**Exercise instructions**
For each line of the data that includes the word "Loads", copy the line.

##### Records for this exercise #####

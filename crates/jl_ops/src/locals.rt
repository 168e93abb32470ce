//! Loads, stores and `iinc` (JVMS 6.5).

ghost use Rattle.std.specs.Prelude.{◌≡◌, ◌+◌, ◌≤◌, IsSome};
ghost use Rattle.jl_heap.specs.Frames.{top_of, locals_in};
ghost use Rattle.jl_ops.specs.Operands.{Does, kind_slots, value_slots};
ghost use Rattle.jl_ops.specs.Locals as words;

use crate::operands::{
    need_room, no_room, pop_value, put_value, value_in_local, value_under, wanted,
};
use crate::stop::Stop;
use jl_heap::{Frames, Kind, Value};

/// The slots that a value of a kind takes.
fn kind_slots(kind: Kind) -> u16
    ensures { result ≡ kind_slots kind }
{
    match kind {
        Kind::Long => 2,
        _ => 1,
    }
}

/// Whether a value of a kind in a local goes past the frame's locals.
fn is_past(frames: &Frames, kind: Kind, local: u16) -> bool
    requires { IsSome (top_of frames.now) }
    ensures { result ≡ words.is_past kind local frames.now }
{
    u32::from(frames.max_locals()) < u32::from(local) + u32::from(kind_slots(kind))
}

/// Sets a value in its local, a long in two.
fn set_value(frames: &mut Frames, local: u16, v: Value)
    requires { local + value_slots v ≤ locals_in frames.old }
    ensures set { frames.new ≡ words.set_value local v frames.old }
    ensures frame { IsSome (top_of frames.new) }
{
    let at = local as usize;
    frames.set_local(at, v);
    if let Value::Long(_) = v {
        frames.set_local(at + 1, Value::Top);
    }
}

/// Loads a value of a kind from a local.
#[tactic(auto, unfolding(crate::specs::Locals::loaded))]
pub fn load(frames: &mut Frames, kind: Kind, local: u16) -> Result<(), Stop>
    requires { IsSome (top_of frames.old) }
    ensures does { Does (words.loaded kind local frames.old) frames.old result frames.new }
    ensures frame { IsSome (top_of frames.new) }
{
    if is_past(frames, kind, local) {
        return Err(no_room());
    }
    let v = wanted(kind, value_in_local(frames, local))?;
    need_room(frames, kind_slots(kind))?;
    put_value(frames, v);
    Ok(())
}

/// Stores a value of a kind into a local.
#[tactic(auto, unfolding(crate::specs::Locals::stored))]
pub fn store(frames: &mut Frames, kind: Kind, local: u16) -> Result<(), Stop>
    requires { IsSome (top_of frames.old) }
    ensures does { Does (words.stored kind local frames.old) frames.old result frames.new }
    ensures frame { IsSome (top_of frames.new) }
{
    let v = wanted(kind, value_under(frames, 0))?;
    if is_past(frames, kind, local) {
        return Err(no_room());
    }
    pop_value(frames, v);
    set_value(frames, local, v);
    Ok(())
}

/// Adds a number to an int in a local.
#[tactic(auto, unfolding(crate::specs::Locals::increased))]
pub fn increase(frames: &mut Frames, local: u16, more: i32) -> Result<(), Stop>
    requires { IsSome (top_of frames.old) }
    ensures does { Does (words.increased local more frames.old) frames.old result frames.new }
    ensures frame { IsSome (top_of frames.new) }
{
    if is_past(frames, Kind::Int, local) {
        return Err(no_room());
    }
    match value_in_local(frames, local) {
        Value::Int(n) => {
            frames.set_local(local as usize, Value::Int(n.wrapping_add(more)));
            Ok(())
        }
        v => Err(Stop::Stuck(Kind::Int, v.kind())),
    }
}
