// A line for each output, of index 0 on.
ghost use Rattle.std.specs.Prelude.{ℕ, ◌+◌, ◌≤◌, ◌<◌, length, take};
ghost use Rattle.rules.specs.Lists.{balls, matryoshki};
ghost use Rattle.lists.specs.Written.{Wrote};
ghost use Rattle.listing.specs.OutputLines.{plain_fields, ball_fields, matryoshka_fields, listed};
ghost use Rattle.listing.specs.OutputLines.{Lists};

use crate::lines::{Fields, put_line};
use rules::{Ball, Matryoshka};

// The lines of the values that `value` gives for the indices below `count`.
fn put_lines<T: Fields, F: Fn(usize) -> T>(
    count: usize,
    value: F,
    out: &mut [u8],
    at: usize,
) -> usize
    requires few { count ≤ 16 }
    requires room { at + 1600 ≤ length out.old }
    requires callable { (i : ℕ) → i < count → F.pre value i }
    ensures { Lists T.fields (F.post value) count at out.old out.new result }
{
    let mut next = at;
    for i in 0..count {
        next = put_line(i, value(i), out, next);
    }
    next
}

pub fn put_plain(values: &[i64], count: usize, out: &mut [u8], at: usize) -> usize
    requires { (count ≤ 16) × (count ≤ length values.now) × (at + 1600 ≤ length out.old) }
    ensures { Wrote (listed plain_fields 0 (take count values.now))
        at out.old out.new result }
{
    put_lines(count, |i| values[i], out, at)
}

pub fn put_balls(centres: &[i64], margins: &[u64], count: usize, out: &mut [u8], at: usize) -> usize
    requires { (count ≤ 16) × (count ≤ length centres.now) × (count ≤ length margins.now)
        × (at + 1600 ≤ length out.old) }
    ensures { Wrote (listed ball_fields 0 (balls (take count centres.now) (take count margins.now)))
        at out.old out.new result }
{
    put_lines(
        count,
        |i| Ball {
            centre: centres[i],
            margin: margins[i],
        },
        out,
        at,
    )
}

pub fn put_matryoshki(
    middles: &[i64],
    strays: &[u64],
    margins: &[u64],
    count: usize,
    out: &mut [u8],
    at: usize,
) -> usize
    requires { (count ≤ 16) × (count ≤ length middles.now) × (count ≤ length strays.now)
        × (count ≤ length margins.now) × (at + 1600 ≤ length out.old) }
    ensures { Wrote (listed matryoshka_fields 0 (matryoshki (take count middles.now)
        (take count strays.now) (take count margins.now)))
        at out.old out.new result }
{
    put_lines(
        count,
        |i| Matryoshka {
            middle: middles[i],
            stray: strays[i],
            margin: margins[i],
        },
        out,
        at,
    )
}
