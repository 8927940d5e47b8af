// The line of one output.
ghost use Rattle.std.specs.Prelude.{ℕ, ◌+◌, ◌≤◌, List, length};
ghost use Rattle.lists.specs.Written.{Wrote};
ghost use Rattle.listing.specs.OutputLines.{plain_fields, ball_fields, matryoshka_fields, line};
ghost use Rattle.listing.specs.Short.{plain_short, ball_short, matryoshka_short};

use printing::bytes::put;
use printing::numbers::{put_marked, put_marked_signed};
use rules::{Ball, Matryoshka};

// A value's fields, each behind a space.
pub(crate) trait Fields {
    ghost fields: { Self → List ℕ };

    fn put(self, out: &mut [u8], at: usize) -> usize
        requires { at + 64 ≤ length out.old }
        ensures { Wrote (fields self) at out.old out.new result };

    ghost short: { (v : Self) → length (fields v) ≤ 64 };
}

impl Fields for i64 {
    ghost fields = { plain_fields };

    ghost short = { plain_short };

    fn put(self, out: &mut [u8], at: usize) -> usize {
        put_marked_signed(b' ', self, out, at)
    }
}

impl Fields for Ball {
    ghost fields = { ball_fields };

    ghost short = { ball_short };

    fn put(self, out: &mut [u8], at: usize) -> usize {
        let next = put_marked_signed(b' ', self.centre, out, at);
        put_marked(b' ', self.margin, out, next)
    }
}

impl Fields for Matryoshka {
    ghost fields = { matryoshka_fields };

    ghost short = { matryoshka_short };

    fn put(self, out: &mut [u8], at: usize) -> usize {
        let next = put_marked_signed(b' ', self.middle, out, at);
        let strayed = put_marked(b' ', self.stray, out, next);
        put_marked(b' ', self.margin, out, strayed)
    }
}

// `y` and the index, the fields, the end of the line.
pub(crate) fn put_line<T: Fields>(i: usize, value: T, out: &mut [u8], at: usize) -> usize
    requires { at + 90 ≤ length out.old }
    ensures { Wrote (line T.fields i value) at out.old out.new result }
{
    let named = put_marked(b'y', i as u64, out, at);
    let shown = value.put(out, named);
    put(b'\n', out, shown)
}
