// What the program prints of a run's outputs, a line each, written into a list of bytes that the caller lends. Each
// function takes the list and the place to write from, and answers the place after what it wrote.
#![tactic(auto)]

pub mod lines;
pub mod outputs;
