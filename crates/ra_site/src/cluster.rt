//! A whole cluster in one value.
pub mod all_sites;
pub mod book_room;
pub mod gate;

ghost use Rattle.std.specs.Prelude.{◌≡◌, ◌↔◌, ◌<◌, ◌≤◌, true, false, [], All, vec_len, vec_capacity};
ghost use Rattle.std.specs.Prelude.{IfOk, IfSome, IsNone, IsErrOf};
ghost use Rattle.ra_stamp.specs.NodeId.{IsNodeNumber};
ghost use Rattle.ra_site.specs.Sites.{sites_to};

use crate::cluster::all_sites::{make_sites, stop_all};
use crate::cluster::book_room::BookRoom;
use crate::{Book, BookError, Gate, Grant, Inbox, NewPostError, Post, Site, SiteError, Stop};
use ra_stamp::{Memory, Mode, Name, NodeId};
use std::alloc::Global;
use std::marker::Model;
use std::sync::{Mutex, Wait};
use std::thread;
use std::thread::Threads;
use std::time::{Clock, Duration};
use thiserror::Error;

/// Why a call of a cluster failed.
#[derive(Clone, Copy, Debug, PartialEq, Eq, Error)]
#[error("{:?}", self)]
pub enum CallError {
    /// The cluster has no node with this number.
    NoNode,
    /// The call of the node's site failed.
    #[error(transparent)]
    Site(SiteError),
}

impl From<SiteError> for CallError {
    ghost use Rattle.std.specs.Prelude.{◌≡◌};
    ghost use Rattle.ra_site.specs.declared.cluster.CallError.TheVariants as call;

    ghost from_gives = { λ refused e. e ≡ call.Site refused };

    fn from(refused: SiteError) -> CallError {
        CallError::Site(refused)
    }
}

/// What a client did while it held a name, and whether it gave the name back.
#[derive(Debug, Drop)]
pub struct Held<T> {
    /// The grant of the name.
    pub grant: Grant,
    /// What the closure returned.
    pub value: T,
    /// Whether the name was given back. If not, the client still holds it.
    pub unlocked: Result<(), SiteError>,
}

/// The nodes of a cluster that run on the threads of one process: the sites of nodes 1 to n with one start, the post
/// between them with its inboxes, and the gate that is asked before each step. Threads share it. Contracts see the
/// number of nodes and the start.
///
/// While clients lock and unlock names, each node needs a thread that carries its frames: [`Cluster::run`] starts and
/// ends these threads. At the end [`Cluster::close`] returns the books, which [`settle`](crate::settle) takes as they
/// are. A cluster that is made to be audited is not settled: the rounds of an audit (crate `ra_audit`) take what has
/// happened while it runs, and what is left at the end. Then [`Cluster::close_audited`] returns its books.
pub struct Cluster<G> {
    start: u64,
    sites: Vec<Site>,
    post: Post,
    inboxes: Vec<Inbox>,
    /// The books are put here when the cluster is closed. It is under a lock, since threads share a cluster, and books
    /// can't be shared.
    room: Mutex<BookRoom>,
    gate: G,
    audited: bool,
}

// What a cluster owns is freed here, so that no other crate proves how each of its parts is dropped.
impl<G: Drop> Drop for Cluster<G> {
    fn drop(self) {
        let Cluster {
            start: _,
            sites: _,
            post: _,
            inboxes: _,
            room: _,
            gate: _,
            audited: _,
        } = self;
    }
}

#####

**Your solution**
//! Loads, stores and `iinc` (JVMS 6.5).
/// Loads a value of a kind from a local.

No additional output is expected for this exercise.